M. Wong a reçu en 2021 un avertissement du ministère de l'Education à la suite de dénonciations anonymes concernant un cours sur la désobéissance civile.
"Cela a anéanti la confiance qui est fondamentale pour enseigner", regrette-t-il.
Entre 2019 et 2021, les autorités de la ville ont reçu 344 plaintes à l'encontre de professeurs en rapport aux immenses manifestations pro-démocratie de 2019. Quelque 55% des cas ont été considérés comme fondés.
Le directeur d'un lycée a affirmé à l'AFP avoir demandé au personnel de faire profil bas et de respecter à la lettre les directives gouvernementales.
"Tout le monde est très prudent... si (un sujet) a un caractère politiquement sensible, alors nous le contournons", a reconnu ce directeur ayant requis l'anonymat.
- Moins qualifiés -
Les autorités rejettent l'idée d'une vague migratoire et font valoir que différentes raisons ont conduit les enseignants à quitter leur poste, invoquant notamment des départs en retraite.
Selon le ministre de l'Education, les écoles fonctionnent globalement bien et il y a suffisamment de professeurs qualifiés pour compenser un taux de départs "légèrement supérieur".
Un récent sondage effectué auprès de 140 écoles montre que chaque établissement a perdu en moyenne 32 élèves et sept enseignants au cours de l'année écoulée.
Le journal local Ming Pao a épluché ses petites annonces et constaté qu'au moins 200 écoles étaient encore à la recherche d'enseignants fin juillet, alors que les années précédentes, la plupart des postes vacants étaient pourvus fin mai.
Les administrateurs affirment que certaines écoles sont contraintes d'embaucher des personnes moins qualifiées.
L'éducation est loin d'être le seul secteur touché par la fuite des cerveaux.

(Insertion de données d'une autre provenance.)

//! Bounds of a start with one plate.

use cell_liveness::{Plates, Progress, explore_machines};
use cell_rules::State;
use cell_types::Machine;
use std::alloc::Global;

/// One plate, on the feed belt.
const ONE: [bool; 10] = [
    true, false, false, false, false, false, false, false, false, false,
];

/// Four plates: on the feed belt, on the table, in the press and on the deposit belt.
const FOUR: [bool; 10] = [
    true, false, true, false, true, false, false, true, false, false,
];

// The bound that an answer tells.
fn bound_of(answer: &Progress) -> Option<(usize, usize)> {
    match answer {
        Progress::Within { plain, helped } => Some((*plain, *helped)),
        Progress::Starves { .. } | Progress::Unknown(_) => None,
    }
}

// The bounds of all seven answers.
fn bounds_of(plates: &Plates) -> [Option<(usize, usize)>; 7] {
    [
        bound_of(&plates.any),
        bound_of(&plates.feed),
        bound_of(&plates.table),
        bound_of(&plates.robot),
        bound_of(&plates.press),
        bound_of(&plates.deposit),
        bound_of(&plates.crane),
    ]
}

// The bounds from a start with these plates, if the press gets a strong turn.
fn bounds_from(alloc: Global, places: [bool; 10]) -> Option<[Option<(usize, usize)>; 7]> {
    let start = State::start(places, 0).ok()?;
    match explore_machines(alloc, &start, Some(Machine::Press)) {
        Ok(plates) => Some(bounds_of(&plates)),
        Err(_) => None,
    }
}

#[test]
fn each_machine_moves_plates_if_the_press_gets_a_strong_turn(rt: HostRuntime) {
    let wanted = [
        Some((26, 2)),
        Some((90, 2)),
        Some((96, 2)),
        Some((60, 2)),
        Some((92, 2)),
        Some((95, 2)),
        Some((92, 2)),
    ];
    assert!(rt; bounds_from(rt.alloc(), ONE) == Some(wanted));
}

// From more plates each machine has a bound too.
#[test]
fn each_machine_moves_four_plates(rt: HostRuntime) {
    let bounds = bounds_from(rt.alloc(), FOUR).unwrap_or([None; 7]);
    for number in 0..7usize {
        assert!(rt; bounds[number].is_some(), "{number}");
    }
}
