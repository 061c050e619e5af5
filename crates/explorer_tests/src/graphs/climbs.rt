//! Searches of climbs: the fewest turns to a number, or how many numbers can be reached, or how far a search came.

use crate::graphs::Climb;
use graph_search::{Found, FoundWithin, search, search_within};

// The turns that are found, as a text; or the number of nodes.
fn found_is(rt: HostRuntime, start: u8, goal: u8, wanted: &[usize]) -> bool {
    match search(rt.alloc(), &Climb { goal }, start) {
        Ok(Found::Turns(turns)) => turns.as_slice() == wanted,
        _ => false,
    }
}

fn reaches(rt: HostRuntime, start: u8, goal: u8, wanted: usize) -> bool {
    matches!(search(rt.alloc(), &Climb { goal }, start), Ok(Found::Nothing(count)) if count == wanted)
}

#[test]
fn the_fewest_turns_are_found(rt: HostRuntime) {
    assert!(rt; found_is(rt, 1, 1, &[]));
    assert!(rt; found_is(rt, 1, 2, &[0]));
    assert!(rt; found_is(rt, 3, 6, &[1]));
    assert!(rt; found_is(rt, 1, 10, &[0, 1, 0, 1]));
    assert!(rt; found_is(rt, 5, 22, &[1, 0, 1]));
}

#[test]
fn the_nodes_that_can_be_reached_are_counted(rt: HostRuntime) {
    assert!(rt; reaches(rt, 1, 39, 29));
    assert!(rt; reaches(rt, 19, 39, 3));
    assert!(rt; reaches(rt, 20, 39, 1));
    assert!(rt; reaches(rt, 0, 21, 30));
}

// With a limit of nodes: how many turns lead to the first number at which the search hasn't looked.
fn stops_at(rt: HostRuntime, goal: u8, most: usize, wanted: usize) -> bool {
    match search_within(rt.alloc(), &Climb { goal }, 1, most) {
        Ok(FoundWithin::Unfinished(turns)) => turns == wanted,
        _ => false,
    }
}

// With a limit that is just enough, all numbers are counted, and a goal at the start is found.
fn counts_all(rt: HostRuntime, most: usize) -> bool {
    match search_within(rt.alloc(), &Climb { goal: 39 }, 1, most) {
        Ok(FoundWithin::Nothing(nodes)) => nodes == most,
        _ => false,
    }
}

fn finds_at_once(rt: HostRuntime) -> bool {
    match search_within(rt.alloc(), &Climb { goal: 1 }, 1, 1) {
        Ok(FoundWithin::Turns(turns)) => turns.is_empty(),
        _ => false,
    }
}

// From 1 turns lead to 2, then to 3 and 4, to 6, 5 and 8, and to 7, 12 and others. The goal 39 isn't reached.
#[test]
fn a_search_stops_past_its_limit(rt: HostRuntime) {
    assert!(rt; stops_at(rt, 39, 0, 0));
    assert!(rt; stops_at(rt, 39, 1, 1));
    assert!(rt; stops_at(rt, 39, 5, 3));
    assert!(rt; stops_at(rt, 39, 28, 6));
    assert!(rt; stops_at(rt, 1, 0, 0));
    assert!(rt; stops_at(rt, 10, 9, 3));
    assert!(rt; counts_all(rt, 29));
    assert!(rt; finds_at_once(rt));
}
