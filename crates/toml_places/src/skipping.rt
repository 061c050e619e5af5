//! Steps over the parts of a TOML text.

use std::alloc::Global;
use toml_parser::text::{skip_blank, skip_ws};
use toml_parser::{ErrorKind, Key, ParseError, dotted_key, quoted, starts_string, unquoted};

/// The name of a head, and what follows it.
pub fn head_key(alloc: Global, head: &str) -> Result<(Key, &str), ParseError> {
    let inside = head.trim_start_matches('[');
    dotted_key(alloc, skip_ws(inside))
}

/// A key, and the text from its value on.
pub fn key_and_value(alloc: Global, pair: &str) -> Result<(Key, &str), ParseError> {
    let (key, after) = dotted_key(alloc, pair)?;
    match after.strip_prefix('=') {
        Some(value) => Ok((key, skip_ws(value))),
        None => Err(ParseError::at(ErrorKind::MissingEquals, after)),
    }
}

/// What follows the first line.
pub fn after_line(rest: &str) -> &str {
    match rest.split_once('\n') {
        Some((_, after)) => after,
        None => "",
    }
}

/// What follows a bracket or a comma, and blanks.
pub fn after_mark(rest: &str) -> &str {
    skip_blank(after_char(rest), true)
}

/// What follows a text in quotes, a number or a word; or else the first character.
pub fn after_scalar(alloc: Global, rest: &str) -> Result<&str, ParseError> {
    if starts_string(rest) {
        let (_, after) = quoted(alloc, rest)?;
        return Ok(after);
    }
    match unquoted(alloc, rest) {
        Ok((_, after)) => Ok(after),
        Err(ParseError::OutOfMemory) => Err(ParseError::OutOfMemory),
        Err(ParseError::At(..)) => Ok(after_char(rest)),
    }
}

/// What follows the first character.
pub fn after_char(rest: &str) -> &str {
    let mut chars = rest.chars();
    let _ = chars.next();
    chars.as_str()
}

La population active de la ville a chuté d'environ 6% depuis 2018 pour atteindre 3,75 millions de personnes, selon les derniers chiffres officiels, le chiffre le plus bas depuis près d'une décennie.
La nouvelle génération d'enseignants pèse désormais le pour et le contre, à l'image de Mak, 23 ans, diplômé de l'université qui a passé un an à enseigner l'anglais dans une école secondaire sans avoir le diplôme de professeur.
"Je vais continuer à enseigner mais pas nécessairement à long terme", a-t-il ajouté.
Mak a le sentiment d'avoir peu d'emprise sur l'évolution de sa profession: "Soit vous vous soumettez, soit vous démissionnez", soupire-t-il.